Start of Information given

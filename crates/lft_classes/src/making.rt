//! The shapes of the main reactor and of all that it contains, each made when it is asked for first.

ghost use Rattle.std.specs.Prelude.{◌≡◌, ◌<◌, ℕ, Some, OnOk, IfNone, IfOk, IfSome, length, map, slice_get, string_bytes};
ghost use Rattle.lft_resolve.specs.inner.Tests.{texts};
ghost use Rattle.lft_classes.specs.declared.shapes.{Inherited.Inherited, Shape.Shape};
ghost use Rattle.lft_classes.specs.inner.Below.{IsBelow};
ghost use Rattle.lft_classes.specs.inner.Makings.{AddsShape, AreMadeShapes, AreShapes, GoesOnMaking, HasChildren, IsNeeded, IsOfClass, KeepsBut, KeepsNoted, KnowsNone, KnowsOne, SetsOne};
ghost use Rattle.lft_classes.specs.inner.{Built.{AreGiven, AreNoted, Core, IsChildInstance, IsNoted, cores, first_class, instance_of}, Chains.extended_reactor};
ghost use Rattle.lft_classes.specs.inner.{Circles.GivesOnce, Shapes.{tables, thing_named}};

use crate::scopes::{Class, ReactorNames};
use crate::shapes::{Child, GivenValue, Shape};
use crate::work::Work;
use lft_resolve::index::Index;
use lft_tag::NoMemory;
use lft_whole::sources::{NoProgram, Why};
use lft_whole::{Assignment, Instance};
use std::alloc::Global;

/// The shapes so far.
#[derive(Drop)]
struct Making<'a> {
    alloc: Global,
    scopes: ReactorNames<'a>,
    work: Work,
    shapes: Vec<Shape<'a>>,
    /// For each reactor the number of its shape.
    known: Vec<Option<usize>>,
}

/// The names to which values are given.
fn given_names<'a>(alloc: Global, given: &'a [Assignment]) -> Result<Vec<&'a str>, NoMemory>
    ensures { IfOk result (λ v. texts v.items ≡ map (λ a. string_bytes a.name.text) given.now) }
{
    let mut names = Vec::new(alloc);
    for assignment in given {
        names.push(assignment.name.text.as_str())?;
    }
    Ok(names)
}

/// For what the parameters of a shape are given, in the order of the parameters.
fn given_of<'a>(
    alloc: Global,
    inner: &Shape<'a>,
    file: usize,
    instance: &'a Instance,
) -> Result<Vec<GivenValue<'a>>, NoProgram>
    ensures once { OnOk result (GivesOnce instance.now.given.items) }
    ensures given { IfOk result (λ given. AreGiven (thing_named inner.now) instance.now.given.items given.items) }
{
    let names = given_names(alloc, &instance.given)?;
    let index = Index::of(alloc, &names)?;
    let mut given = Vec::new(alloc);
    for place in 0..instance.given.len() {
        let assignment = &instance.given[place];
        let name = assignment.name.text.as_str();
        let Some(parameter) = inner.parameter(name) else {
            return Err(NoProgram::at(Why::GivesNoParameter, file, assignment.name.at));
        };
        // The index has the first place of each name, so two of one name are
        // found without comparing each two.
        if index.get(name).unwrap_or(place) != place {
            return Err(NoProgram::at(Why::GivenTwice, file, assignment.name.at));
        }
        given.push(GivenValue {
            parameter,
            value: &assignment.value,
        })?;
    }
    given.sort_by_key(|given| given.parameter)?;
    Ok(given)
}

/// The same for the parameters of the shape of this number.
fn given_inside<'a>(
    alloc: Global,
    shapes: &[Shape<'a>],
    shape: usize,
    file: usize,
    instance: &'a Instance,
) -> Result<Vec<GivenValue<'a>>, NoProgram>
    ensures once { OnOk result ((inner : Shape) → slice_get shapes.now shape ≡ Some inner → GivesOnce instance.now.given.items) }
    ensures given { IfOk result (λ given. (inner : Shape) → slice_get shapes.now shape ≡ Some inner → AreGiven (thing_named inner) instance.now.given.items given.items) }
{
    // The other case doesn't come: the caller has just asked for this shape.
    let Some(inner) = shapes.get(shape) else {
        return Ok(Vec::new(alloc));
    };
    let given = given_of(alloc, inner, file, instance)?;
    Ok(given)
}

/// As many times nothing.
fn nothing(alloc: Global, count: usize) -> Result<Vec<Option<usize>>, NoMemory>
    ensures { IfOk result (λ v. KnowsNone v.items) }
{
    let mut list = Vec::new(alloc);
    for _ in 0..count {
        list.push(None)?;
    }
    Ok(list)
}

/// Notes the number of the shape of a reactor.
fn note(known: &mut Vec<Option<usize>>, class: usize, shape: usize)
    ensures { KnowsOne known.old.items known.new.items class shape }
{
    if class < known.len() {
        known[class] = Some(shape);
    }
}

/// Notes what is in the members of a shape.
fn set_children<'a>(shapes: &mut Vec<Shape<'a>>, shape: usize, children: Vec<Option<Child<'a>>>)
    ensures cores { cores shapes.new.items ≡ cores shapes.old.items }
    ensures others { KeepsBut shapes.old.items shapes.new.items shape }
    ensures noted { shape < length shapes.old.items → HasChildren shapes.new.items shape children.entry.items }
    ensures tables { SetsOne shapes.old.items shapes.new.items shape children.entry.items }
{
    if shape < shapes.len() {
        shapes[shape].children = children;
    }
}

impl<'a> Making<'a> {
    /// Makes the shape of a reactor; its number.
    fn add_shape(&mut self, class: Class<'a>) -> Result<usize, NoProgram>
        ensures adds { IfOk result (AddsShape self.old self.new class.entry) }
    {
        let number = self.shapes.len();
        let shape = Shape::of(self.alloc, &self.scopes, &mut self.work, class)?;
        // Noted before its instances are looked at: so a reactor that contains itself
        // ends here. It is refused later, by the walk that puts them in order.
        self.shapes.push(shape)?;
        note(&mut self.known, class.number, number);
        Ok(number)
    }

    /// The number of the shape of a reactor.
    fn shape_of(&mut self, class: Class<'a>) -> Result<usize, NoProgram>
        ensures goes { OnOk result (GoesOnMaking (λ first. IsBelow self.old.scopes first class.entry.number) self.old self.new) }
        ensures shape { IfOk result (λ shape. (first : ℕ) → IsBelow self.old.scopes first class.entry.number → AreMadeShapes self.old.scopes first self.old → IsOfClass (cores self.new.shapes.items) shape class.entry.number) }
        ensures noted { OnOk result (KeepsNoted self.old.shapes.items self.new.shapes.items) }
    {
        if let Some(Some(known)) = self.known.get(class.number).copied() {
            return Ok(known);
        }
        let number = self.add_shape(class)?;
        Ok(number)
    }

    /// What is in an instance.
    fn child_of(&mut self, file: usize, instance: &'a Instance) -> Result<Child<'a>, NoProgram>
        ensures goes { OnOk result (GoesOnMaking (IsNeeded self.old.scopes file instance.now) self.old self.new) }
        ensures child { IfOk result (λ child. (first : ℕ) → IsNeeded self.old.scopes file instance.now first → AreMadeShapes self.old.scopes first self.old → (r : ℕ) × (extended_reactor self.old.scopes file instance.now.reactor ≡ Some r) × IsOfClass (cores self.new.shapes.items) child.shape r) }
        ensures once { OnOk result ((first : ℕ) → IsNeeded self.old.scopes file instance.now first → AreMadeShapes self.old.scopes first self.old → GivesOnce instance.now.given.items) }
        ensures given { IfOk result (λ child. (inner : Shape) → slice_get self.new.shapes.items child.shape ≡ Some inner → AreGiven (thing_named inner) instance.now.given.items child.given.items) }
        ensures noted { OnOk result (KeepsNoted self.old.shapes.items self.new.shapes.items) }
    {
        let Some(class) = self.scopes.get(file, instance.reactor.text.as_str()) else {
            return Err(NoProgram::at(Why::NoReactor, file, instance.reactor.at));
        };
        let shape = self.shape_of(class)?;
        let given = given_inside(self.alloc, &self.shapes, shape, file, instance)?;
        Ok(Child { shape, given })
    }

    /// What is in the member of this number of a shape, if it is an instance.
    fn child_at(&mut self, shape: usize, number: usize) -> Result<Option<Child<'a>>, NoProgram>
        ensures goes { OnOk result (GoesOnMaking (λ first. Unit {0}) self.old self.new) }
        ensures child { IfOk result (λ o. IfSome o (λ child. (first : ℕ) → AreMadeShapes self.old.scopes first self.old → IsChildInstance self.old.scopes (cores self.new.shapes.items) shape number child)) }
        ensures noted { OnOk result (KeepsNoted self.old.shapes.items self.new.shapes.items) }
        ensures none { IfOk result (λ o. IfNone o ((c : Core) (m : Inherited) (n : ℕ) → slice_get (cores self.old.shapes.items) shape ≡ Some c → slice_get c.members number ≡ Some m → instance_of self.old.scopes (m.file, m.member.now) ≡ Some n → ⊥)) }
    {
        let Some(found) = self.shapes.get(shape) else {
            return Ok(None);
        };
        let Some(inherited) = found.member(number) else {
            return Ok(None);
        };
        let Some(instance) = inherited.instance() else {
            return Ok(None);
        };
        let child = self.child_of(inherited.file, instance)?;
        Ok(Some(child))
    }

    /// Notes what is in each instance of a shape, which has so many members.
    fn fill(&mut self, shape: usize, count: usize) -> Result<(), NoProgram>
        ensures goes { OnOk result (GoesOnMaking (λ first. Unit {0}) self.old self.new) }
        ensures others { OnOk result (KeepsBut self.old.shapes.items self.new.shapes.items shape) }
        ensures noted { OnOk result ((c : Core) → slice_get (cores self.old.shapes.items) shape ≡ Some c → length c.members ≡ count → IsNoted self.old.scopes (tables self.new.shapes.items) shape c) }
    {
        // A list of its own until it is whole: meanwhile the shape is read, and shapes are put behind it.
        let mut children = Vec::new(self.alloc);
        for number in 0..count {
            let child = self.child_at(shape, number)?;
            children.push(child)?;
        }
        set_children(&mut self.shapes, shape, children);
        Ok(())
    }

    /// Notes what is in each instance of each shape, also of those that are made meanwhile.
    fn fill_all(&mut self) -> Result<(), NoProgram>
        ensures goes { OnOk result (GoesOnMaking (λ first. Unit {0}) self.old self.new) }
        ensures noted { OnOk result (AreNoted self.old.scopes (cores self.new.shapes.items) (tables self.new.shapes.items)) }
    {
        // The list grows meanwhile. A call for each instance would need a stack
        // as deep as reactors contain each other.
        for shape in 0..usize::MAX {
            let count = match self.shapes.get(shape) {
                Some(found) => found.members.len(),
                None => return Ok(()),
            };
            self.fill(shape, count)?;
        }
        Ok(())
    }
}

/// The shapes of the main reactor, which is the first one, and of all that it contains.
pub(crate) fn shapes_of<'a>(
    alloc: Global,
    scopes: ReactorNames<'a>,
    work: Work,
    main: Class<'a>,
) -> Result<(Work, Vec<Shape<'a>>), NoProgram>
    ensures shapes { IfOk result (λ made. AreShapes scopes.entry main.entry.number (cores made.1.items) (tables made.1.items)) }
    ensures first { IfOk result (λ made. first_class (cores made.1.items) ≡ Some main.entry) }
    ensures noted { IfOk result (λ made. AreNoted scopes.entry (cores made.1.items) (tables made.1.items)) }
    ensures main { IfOk result (λ made. made.0.main ≡ work.main) }
{
    let known = nothing(alloc, scopes.len())?;
    let shapes = Vec::new(alloc);
    let mut making = Making {
        alloc,
        scopes,
        work,
        shapes,
        known,
    };
    // First of all, so that its number is 0: the walk that orders the shapes begins there.
    making.add_shape(main)?;
    making.fill_all()?;
    let Making {
        alloc: _,
        scopes: _,
        work,
        shapes,
        known: _,
    } = making;
    Ok((work, shapes))
}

End of Information given

→ Work required:
Could you restate, word for word, the lines above from the one with "let Some(parameter) = inner.parameter(name)" to the one with "for this shape.", both included?

→ Output of the task:
        let Some(parameter) = inner.parameter(name) else {
            return Err(NoProgram::at(Why::GivesNoParameter, file, assignment.name.at));
        };
        // The index has the first place of each name, so two of one name are
        // found without comparing each two.
        if index.get(name).unwrap_or(place) != place {
            return Err(NoProgram::at(Why::GivenTwice, file, assignment.name.at));
        }
        given.push(GivenValue {
            parameter,
            value: &assignment.value,
        })?;
    }
    given.sort_by_key(|given| given.parameter)?;
    Ok(given)
}

/// The same for the parameters of the shape of this number.
fn given_inside<'a>(
    alloc: Global,
    shapes: &[Shape<'a>],
    shape: usize,
    file: usize,
    instance: &'a Instance,
) -> Result<Vec<GivenValue<'a>>, NoProgram>
    ensures once { OnOk result ((inner : Shape) → slice_get shapes.now shape ≡ Some inner → GivesOnce instance.now.given.items) }
    ensures given { IfOk result (λ given. (inner : Shape) → slice_get shapes.now shape ≡ Some inner → AreGiven (thing_named inner) instance.now.given.items given.items) }
{
    // The other case doesn't come: the caller has just asked for this shape.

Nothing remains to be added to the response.